The consumer came out ahead last week and the banks were put in their proper place when the European Parliament reversed decades of implicit national guarantees for failed banks and passed a legislation to create a European banking union. The three key planks of the new European Union (EU) banking union move power away from the EU national governments and their financial supervisors who have been far too lax with their failed lenders in recent years.

The legislation requires all member states to have common rules guaranteeing deposits, a new procedure consistent across all states in the banking union for putting a failing bank out of its misery, which will not allow the sweetheart deals that far too many banks got in the past few years, and now bond holders as well as shareholders will be made to suffer from losses, which will add more pressure on management to be properly prudent.

With its new legislation, the EU parliament has done a good job in imposing consistency on the very mixed emergency procedures that were used with so many different results in the 2008-09 banking crisis. At that time, when under great pressure from frantic voters, the national authorities surrendered to the politicians’ fears and allowed all sorts of favourable bailouts that gave much too favourable terms to the miserable bank managements.

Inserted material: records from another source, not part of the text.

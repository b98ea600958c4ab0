// The lines of the pairs of a node with the nodes above it.
ghost use Rattle.std.specs.Prelude.{◌≡◌, ◌<◌};
ghost use Rattle.model.specs.Contents.{node_body};
ghost use Rattle.model.specs.Network.{node_count};
ghost use Rattle.model.specs.Query.{time_answer};
ghost use Rattle.model.specs.Listing.{pair_line};
ghost use Rattle.emit.specs.Records.{Wrote};
ghost use Rattle.opened.specs.Opened.{Opened};
ghost use Rattle.opened.specs.TimesFrom.{TimesFrom};
ghost use Rattle.lines.specs.Texts.{Room, HoldsText, row_text};

use crate::lines::write_pair;
use model::{Answer, Kind};
use opened::answers::far_of;
use opened::opening::opened_kind;
use opened::ways::times_from;
use reader::oracle::node_count;
use tables::far::answer_of;
use words::times::time_of;

// The time between s and t, from the words that a search from s has left.
fn answer_between(o: &[u8], s: usize, t: usize, work: &[u32]) -> Answer
    requires { Opened o.now work.now × (s < node_count (node_body o.now)) × (t < node_count (node_body o.now)) × TimesFrom o.now s work.now }
    ensures { result ≡ time_answer o.now s t }
{
    let kind = opened_kind(o, s, t, work);
    match kind {
        Kind::Far => far_of(o, s, t),
        Kind::Local => answer_of(Kind::Local, 0, time_of(work, node_count(o), t)),
    }
}

fn write_line(o: &[u8], s: usize, t: usize, work: &[u32], out: &mut [u8], at: usize) -> usize
    requires opened { Opened o.now work.now × (s < node_count (node_body o.now)) × (t < node_count (node_body o.now)) × TimesFrom o.now s work.now }
    requires room { Room out.old at (pair_line o.now s t) }
    ensures { Wrote out.old at (pair_line o.now s t) result out.new }
{
    write_pair(s, t, answer_between(o, s, t, work), out, at)
}

fn write_lines(o: &[u8], s: usize, work: &[u32], out: &mut [u8]) -> usize
    requires { Opened o.now work.now × (s < node_count (node_body o.now)) × TimesFrom o.now s work.now × Room out.old 0 (row_text o.now s) }
    ensures { Wrote out.old 0 (row_text o.now s) result out.new }
{
    let n = node_count(o);
    let mut at = 0;
    for t in s + 1..n {
        at = write_line(o, s, t, work, out, at);
    }
    at
}

// One search serves the row. That of the last node has no pair, and needs none.
pub fn write_row(o: &[u8], s: usize, work: &mut [u32], out: &mut [u8]) -> usize
    requires { Opened o.now work.old × (s < node_count (node_body o.now)) × Room out.old 0 (row_text o.now s) }
    ensures text { HoldsText out.new result (row_text o.now s) }
    ensures opened { Opened o.now work.new }
{
    let n = node_count(o);
    if s + 1 == n {
        return 0;
    }
    times_from(o, s, work);
    write_lines(o, s, work, out)
}
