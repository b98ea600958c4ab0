// The listing program: it reads an oracle on standard input and writes its listing on standard output.
ghost use Rattle.std.specs.Prelude.{◌≡◌, true, ◌+◌, ◌*◌, ◌<◌, ◌≤◌, length, IfOk};
ghost use Rattle.model.specs.Contents.{node_body};
ghost use Rattle.model.specs.Network.{node_count};
ghost use Rattle.model.specs.Rules.{well_shaped};
ghost use Rattle.opened.specs.Opened.{Opened};

use crate::lines::{write_header, write_refused};
use crate::rows::write_row;
use opened::opening::open_words;
use reader::files::shape_refusal;
use reader::oracle::{node_count, transit_count};
use std::io;
use std::io::Read;

// The bytes read of the input.
const READ: usize = 28672;

// A node takes 8 bytes of the file and 8 working words, and a row of lines at most 40 bytes for each node.
const WORDS: usize = READ;

const ROOM: usize = 5 * READ + 40;

// Reads until the buffer is full or the input ends: no range, as a read gives as many bytes as it has.
fn read_full(input: &mut impl Read, buf: &mut [u8]) -> io::Result<usize>
    ensures { IfOk result (λ n. n ≤ length buf.new) }
{
    let mut done = 0;
    while done < buf.len() {
        let n = input.read(&mut buf[done..])?;
        if n == 0 {
            break;
        }
        done += n;
    }
    Ok(done)
}

fn print_refused(rt: &impl Print, rule: u32, out: &mut [u8]) -> io::Result<()>
    requires { 40 ≤ length out.old }
{
    let end = write_refused(rule, out);
    rt.write_all(&out[..end])
}

fn print_header(rt: &impl Print, o: &[u8], out: &mut [u8]) -> io::Result<()>
    requires { (well_shaped o.now ≡ true) × (40 ≤ length out.old) }
{
    let end = write_header(node_count(o), transit_count(o), out);
    rt.write_all(&out[..end])
}

// A failed write leaves the words as they are promised too.
fn print_row(
    rt: &impl Print,
    o: &[u8],
    s: usize,
    work: &mut [u32],
    out: &mut [u8],
) -> io::Result<()>
    requires { Opened o.now work.old × (s < node_count (node_body o.now)) × (5 * length o.now ≤ length out.old) }
    ensures { Opened o.now work.new }
{
    let end = write_row(o, s, work, out);
    rt.write_all(&out[..end])
}

fn print_rows(rt: &impl Print, o: &[u8], work: &mut [u32], out: &mut [u8]) -> io::Result<()>
    requires { Opened o.now work.old × (5 * length o.now ≤ length out.old) }
{
    let n = node_count(o);
    for s in 0..n {
        print_row(rt, o, s, work, out)?;
    }
    Ok(())
}

// One line where a rule is broken, and else the header and the rows in order (`listing_refused`, `listing_rows`). Any error is that of a failed write: what was
// written before it stays written.
fn print_listing(rt: &impl Print, o: &[u8], work: &mut [u32], out: &mut [u8]) -> io::Result<()>
    requires { (length o.now ≤ length work.old) × (5 * length o.now + 40 ≤ length out.old) }
{
    if let Err(broken) = shape_refusal(o) {
        return print_refused(rt, broken.number(), out);
    }
    print_header(rt, o, out)?;
    open_words(o, work);
    print_rows(rt, o, work, out)
}

// Any error is that of a failed read, before which nothing is written, or of a failed write.
pub fn run(rt: &(impl Input + Print)) -> io::Result<()> {
    let mut file = [0u8; READ];
    let mut work = [0u32; WORDS];
    let mut out = [0u8; ROOM];
    let n = read_full(&mut rt.reader(), &mut file)?;
    print_listing(rt, &file[..n], &mut work, &mut out)
}
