// Numbers of 16, 32 and 64 bits in bytes, the low byte first.
ghost use Rattle.std.specs.Prelude.{◌≡◌, ◌+◌, ◌<◌, ◌≤◌, length, slice_index};
ghost use Rattle.model.specs.Bytes.{word16, word32, bytes16, bytes32, bytes64, splice};

pub fn byte(b: &[u8], i: usize) -> u32
    requires { i < length b.now }
    ensures { (result ≡ slice_index b.now i) × (result < 256) }
{
    b[i] as u32
}

pub fn read16(b: &[u8], i: usize) -> u32
    requires { i + 2 ≤ length b.now }
    ensures { (result ≡ word16 b.now i) × (result < 65536) }
{
    u32::from(u16::from_le_bytes([b[i], b[i + 1]]))
}

pub fn read32(b: &[u8], i: usize) -> u32
    requires { i + 4 ≤ length b.now }
    ensures { result ≡ word32 b.now i }
{
    u32::from_le_bytes([b[i], b[i + 1], b[i + 2], b[i + 3]])
}

// The low 16 bits of x.
pub fn write16(b: &mut [u8], i: usize, x: u32)
    requires { i + 2 ≤ length b.old }
    ensures { b.new ≡ splice i (bytes16 x) b.old }
{
    b[i..i + 2].copy_from_slice(&((x % 65536) as u16).to_le_bytes());
}

pub fn write32(b: &mut [u8], i: usize, x: u32)
    requires { i + 4 ≤ length b.old }
    ensures { b.new ≡ splice i (bytes32 x) b.old }
{
    b[i..i + 4].copy_from_slice(&x.to_le_bytes());
}

pub fn write64(b: &mut [u8], i: usize, x: u64)
    requires { i + 8 ≤ length b.old }
    ensures { b.new ≡ splice i (bytes64 x) b.old }
{
    b[i..i + 8].copy_from_slice(&x.to_le_bytes());
}
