// The lists of body 6: where each starts, and how long it is.
ghost use Rattle.std.specs.Prelude.{◌≡◌, ◌+◌, ◌*◌, ◌<◌, ◌≤◌, length};
ghost use Rattle.model.specs.Oracle.{start_size, list_size, list_start};

use crate::bytes::read32;
use crate::records::{COUNT_SIZE, LIST_ENTRY_SIZE, START_SIZE};

// Where the list of node u starts, as the access body b has it.
pub fn list_start(b: &[u8], u: usize) -> usize
    requires { start_size * u + start_size ≤ length b.now }
    ensures { result ≡ list_start b.now u }
{
    read32(b, START_SIZE * u) as usize
}

// The size of a list with this number of entries.
pub fn list_size(count: usize) -> usize
    requires { count < 4294967296 }
    ensures { result ≡ list_size count }
{
    COUNT_SIZE + LIST_ENTRY_SIZE * count
}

The EU plan is for each member country to create its own resolution funds and build them up for eight years, starting in January 2016, after which, the funds will be gradually pooled among the participating member states until they are all shared by 2024 when the single EU resolution fund should be worth about €55 billion (Dh279 billion). One of the criticisms of the EU plan is that this fund is too small since European banks needed nearly €600 billion in recapitalisations and bailouts in the financial crisis of 2008-09, but if another really big crisis hits, then the mechanism that this legislation will create will be able to handle any emergency funds that will be found at that time.